With the spread of the paperless office, more and more existing paper documents are being converted to PDFs for electronic storage. While compact desktop scanners can efficiently handle the PDF conversion of paper documents, A4-sized scanners are most frequently employed, and there has been no easy way using them to scan A3 documents. The typical approach for scanning an A3 document has been to fold the document in half and then manually feed each sheet carefully into a two-sided scanner (Figure 1). This requires considerable effort, particularly for multi-page documents.

By cutting an A3 document in half, the automatic sheet feeder on a scanner can be used for batch-mode scanning to avoid the effort of folding and manually feeding each sheet. At the same time, this approach creates its own problems:

Batch-scanning a multi-page document means the left and right halves of each A3 document can easily wind up being mixed together in no particular order, making it difficult to reassemble the original A3 images.
When paper is being fed into the scanner, sheets may slide around or be fed in at slightly different speeds. After having scanned the left and right halves separately, this will create mismatches in text and figures at the boundary between the two when reassembling the original.
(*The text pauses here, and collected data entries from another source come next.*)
//! OSEK/VDX OS: resource management, priority ceiling protocol; internal resources. The ceilings of a system.

ghost use Rattle.std.specs.Prelude.{◌≡◌, map};
ghost use Rattle.std.specs.List.{filter};
ghost use Rattle.osek_base.specs.Lists.{greatest};
ghost use Rattle.osek_base.specs.System.{lists};
ghost use Rattle.osek_base.specs.Ceiling.{top_priority, declared_ceiling, internal_ceiling};
ghost use Rattle.osek_base.specs.declared.limits.TheConstants.{MAX_TASKS, MAX_RESOURCES};
ghost use Rattle.osek_base.specs.KeptCeilings.{HasCeilings, HasInternal, AreCeilings};

use crate::ids::{ResourceNumber, TaskId};
use crate::limits::{MAX_RESOURCES, MAX_TASKS};
use crate::parts::Parts;
use crate::task::{Schedule, Task};

/// The ceilings of a system's resources and tasks.
#[derive(Drop)]
pub(crate) struct Ceilings {
    /// Of each resource number.
    pub(crate) declared: [u8; MAX_RESOURCES],
    /// Of RES_SCHEDULER.
    pub(crate) top: u8,
    /// Of each task number, the internal ceiling.
    pub(crate) internal: [Option<u8>; MAX_TASKS],
}

impl Ceilings {
    /// The ceilings of these parts.
    pub(crate) fn of(parts: &Parts) -> Self
        ensures { AreCeilings parts.now result }
    {
        Ceilings {
            declared: declared_ceilings(parts),
            top: highest(parts.tasks.as_slice()),
            internal: internal_ceilings(parts),
        }
    }
}

fn declared_ceilings(parts: &Parts) -> [u8; MAX_RESOURCES]
    ensures { HasCeilings parts.now result MAX_RESOURCES }
{
    let mut ceilings = [0; MAX_RESOURCES];
    for number in 0..MAX_RESOURCES as u8 {
        ceilings[number as usize] = declared_ceiling(parts, ResourceNumber::new(number));
    }
    ceilings
}

fn declared_ceiling(parts: &Parts, resource: ResourceNumber) -> u8
    ensures { result ≡ declared_ceiling parts.now resource }
{
    highest_that_lists(resource, parts.tasks.as_slice())
}

fn internal_ceilings(parts: &Parts) -> [Option<u8>; MAX_TASKS]
    ensures { HasInternal parts.now result MAX_TASKS }
{
    let mut ceilings = [None; MAX_TASKS];
    for number in 0..MAX_TASKS as u8 {
        ceilings[number as usize] = internal_ceiling(parts, TaskId::new(number));
    }
    ceilings
}

fn internal_ceiling(parts: &Parts, task: TaskId) -> Option<u8>
    ensures { result ≡ internal_ceiling parts.now task }
{
    match parts.tasks.get(task.number() as usize) {
        None => None,
        Some(task) => match task.schedule {
            Schedule::Non => Some(highest(parts.tasks.as_slice())),
            Schedule::Full => match parts.first_internal(task.resources.as_slice()) {
                None => None,
                Some(resource) => Some(declared_ceiling(parts, resource)),
            },
        },
    }
}

fn highest(tasks: &[Task]) -> u8
    ensures { result ≡ greatest (map (λ a. a.priority) tasks.now) }
{
    match tasks.split_first() {
        None => 0,
        Some((task, rest)) => highest(rest).max(task.priority),
    }
}

fn highest_that_lists(resource: ResourceNumber, tasks: &[Task]) -> u8
    ensures { result ≡ greatest (map (λ a. a.priority) (filter (lists resource) tasks.now)) }
{
    match tasks.split_first() {
        None => 0,
        Some((task, rest)) => {
            let others = highest_that_lists(resource, rest);
            if task.lists(resource) {
                others.max(task.priority)
            } else {
                others
            }
        }
    }
}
Fujitsu Laboratories has developed a technology that, after cutting multi-page A3 documents in half and batch-scanning the images, they are restored to their original A3 layout. Key features of this technology are as follows.
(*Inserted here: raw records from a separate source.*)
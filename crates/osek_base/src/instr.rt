//! OSEK/VDX OS: system services; the modelled processor. Instructions and services, generic over their operands, with
//! the words that name them.

ghost use Rattle.std.specs.Prelude.{◌≡◌, ◌≤◌, ⊤, length};
ghost use Rattle.osek_base.specs.Mnemonics.{operation_word, comparison_word, plain_word, service_word, control_word};

use crate::ids::{AlarmId, Place, Register, ResId, TaskId};
use std::alloc::AllocError;

/// The operations on two registers, mod 2^32 or bit by bit: ADD, SUB, MUL, AND, OR and XOR.
#[derive(Clone, Copy)]
pub enum Operation {
    Add,
    Sub,
    Mul,
    And,
    Or,
    Xor,
}

impl Operation {
    /// The mnemonic.
    pub fn word(self) -> &'static str
        ensures word { result.now ≡ operation_word self }
        ensures short { length result.now ≤ 5 }
    {
        match self {
            Operation::Add => "ADD",
            Operation::Sub => "SUB",
            Operation::Mul => "MUL",
            Operation::And => "AND",
            Operation::Or => "OR",
            Operation::Xor => "XOR",
        }
    }
}

/// The tests of the jumps JEQ, JNE and JLT. Less is without sign.
#[derive(Clone, Copy)]
pub enum Comparison {
    Equal,
    NotEqual,
    Less,
}

impl Comparison {
    /// The mnemonic of the jump.
    pub fn word(self) -> &'static str
        ensures word { result.now ≡ comparison_word self }
        ensures short { length result.now ≤ 5 }
    {
        match self {
            Comparison::Equal => "JEQ",
            Comparison::NotEqual => "JNE",
            Comparison::Less => "JLT",
        }
    }
}

/// The instructions that touch registers, words and the place alone, over what stands for a register, a number and a
/// place.
#[derive(Drop)]
pub enum Plain<R = Register, N = u32, P = Place> {
    /// NOP: nothing.
    Nop,
    /// LI: the register becomes the number.
    Li(R, N),
    /// MOV: the first register becomes the second.
    Mov(R, R),
    /// The first register becomes the result of the operation on the other two.
    Compute(Operation, R, R, R),
    /// LD: the first register becomes the word whose index, mod 64, is in the second.
    Ld(R, R),
    /// ST: the word whose index, mod 64, is in the first register becomes the second.
    St(R, R),
    /// JMP: the instruction at the place follows.
    Jmp(P),
    /// The instruction at the place follows where the two registers pass the test, else the next one.
    JumpIf(Comparison, R, R, P),
}

impl<R: Copy, N: Copy, P: Copy> Clone for Plain<R, N, P> {
    ghost is_clone = { λ x y. y ≡ x };

    ghost is_infallible = { λ _. ⊤ };

    fn clone(&self) -> Result<Self, AllocError> {
        Ok(*self)
    }
}

impl<R: Copy, N: Copy, P: Copy> Copy for Plain<R, N, P> {}

impl<R, N, P> Plain<R, N, P> {
    /// The mnemonic.
    pub fn word(&self) -> &'static str
        ensures word { result.now ≡ plain_word self.now }
        ensures short { length result.now ≤ 5 }
    {
        match self {
            Plain::Nop => "NOP",
            Plain::Li(_, _) => "LI",
            Plain::Mov(_, _) => "MOV",
            Plain::Compute(operation, _, _, _) => operation.word(),
            Plain::Ld(_, _) => "LD",
            Plain::St(_, _) => "ST",
            Plain::Jmp(_) => "JMP",
            Plain::JumpIf(test, _, _, _) => test.word(),
        }
    }
}

/// The services with a status, by the standard's names, over what stands for a value, a task, a resource, an alarm and
/// events. Of a system's services None is the operand INVALID, and events are a mask; a value is a register in a program
/// and the register's value in a call.
#[derive(Drop)]
pub enum Service<V, T = Option<TaskId>, R = Option<ResId>, A = Option<AlarmId>, E = u32> {
    ActivateTask(T),
    TerminateTask,
    ChainTask(T),
    Schedule,
    GetTaskId,
    GetTaskState(T),
    GetResource(R),
    ReleaseResource(R),
    /// LDR, no part of the standard: reads the word of the resource's window whose index, mod 16, is the value.
    LoadShared(R, V),
    /// STR, no part of the standard: the word of the resource's window whose index, mod 16, is the first value becomes the
    /// second.
    StoreShared(R, V, V),
    SetEvent(T, E),
    ClearEvent(E),
    GetEvent(T),
    WaitEvent(E),
    /// The increment and the cycle, in counts.
    SetRelAlarm(A, V, V),
    /// The start, a value of the counter, and the cycle in counts.
    SetAbsAlarm(A, V, V),
    CancelAlarm(A),
    GetAlarm(A),
    GetAlarmBase(A),
}

impl<V: Copy, T: Copy, R: Copy, A: Copy, E: Copy> Clone for Service<V, T, R, A, E> {
    ghost is_clone = { λ x y. y ≡ x };

    ghost is_infallible = { λ _. ⊤ };

    fn clone(&self) -> Result<Self, AllocError> {
        Ok(*self)
    }
}

impl<V: Copy, T: Copy, R: Copy, A: Copy, E: Copy> Copy for Service<V, T, R, A, E> {}

impl<V, T, R, A, E> Service<V, T, R, A, E> {
    /// The mnemonic.
    pub fn word(&self) -> &'static str
        ensures word { result.now ≡ service_word self.now }
        ensures short { length result.now ≤ 5 }
    {
        match self {
            Service::ActivateTask(_) => "ACT",
            Service::TerminateTask => "TERM",
            Service::ChainTask(_) => "CHAIN",
            Service::Schedule => "SCHED",
            Service::GetTaskId => "GTID",
            Service::GetTaskState(_) => "GTST",
            Service::GetResource(_) => "GETR",
            Service::ReleaseResource(_) => "RELR",
            Service::LoadShared(_, _) => "LDR",
            Service::StoreShared(_, _, _) => "STR",
            Service::SetEvent(_, _) => "SETE",
            Service::ClearEvent(_) => "CLRE",
            Service::GetEvent(_) => "GETE",
            Service::WaitEvent(_) => "WAIT",
            Service::SetRelAlarm(_, _, _) => "SREL",
            Service::SetAbsAlarm(_, _, _) => "SABS",
            Service::CancelAlarm(_) => "CANA",
            Service::GetAlarm(_) => "GALM",
            Service::GetAlarmBase(_) => "GBAS",
        }
    }
}

/// The services without a status, by the standard's names, and the return from a routine, over what stands for a number.
#[derive(Clone, Copy, Drop)]
pub enum Control<N = u32> {
    DisableAllInterrupts,
    EnableAllInterrupts,
    SuspendAllInterrupts,
    ResumeAllInterrupts,
    SuspendOsInterrupts,
    ResumeOsInterrupts,
    /// With the number that the shutdown's record tells.
    ShutdownOs(N),
    /// RETI, which routines alone have.
    ReturnFromInterrupt,
}

impl<N> Control<N> {
    /// The mnemonic.
    pub fn word(&self) -> &'static str
        ensures word { result.now ≡ control_word self.now }
        ensures short { length result.now ≤ 5 }
    {
        match self {
            Control::DisableAllInterrupts => "DAI",
            Control::EnableAllInterrupts => "EAI",
            Control::SuspendAllInterrupts => "SAI",
            Control::ResumeAllInterrupts => "RAI",
            Control::SuspendOsInterrupts => "SOI",
            Control::ResumeOsInterrupts => "ROI",
            Control::ShutdownOs(_) => "SHUT",
            Control::ReturnFromInterrupt => "RETI",
        }
    }
}

/// An instruction of a program.
#[derive(Clone, Copy)]
pub enum Instr {
    Plain(Plain),
    Service(Service<Register>),
    Control(Control),
}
1. Automatic estimation of image grouping to restore A3 document image

From the intermixed scanned images of the left and right halves of an A3 document, the technology will automatically estimate how images are grouped to recreate the original A3-page layout (Figure 2).

2. Correction of localized stretching in scanned images

This technology corrects localized stretching in scanned images, thereby enabling lines, text and diagrams to come together naturally at the boundary when joining left- and right-side scanned images of an original A3 document (Figure 3).

This technology makes it possible to easily scan multi-page A3 documents with a compact A4-sized scanner. Compared to the previous approach of folding in half and scanning each A3 sheet, the manual labor involved in this method requires less than 20% of the effort and produces composite A3 documents with fewer boundary mismatches than existing methods.

To further accelerate image processing, Fujitsu Laboratories is aiming to equip A4-size scanners with this functionality. The company will also move forward on developing technology that generates scans the same size as the original image, even for documents larger than A3 cut into more than two pieces, simply by scanning their separate parts.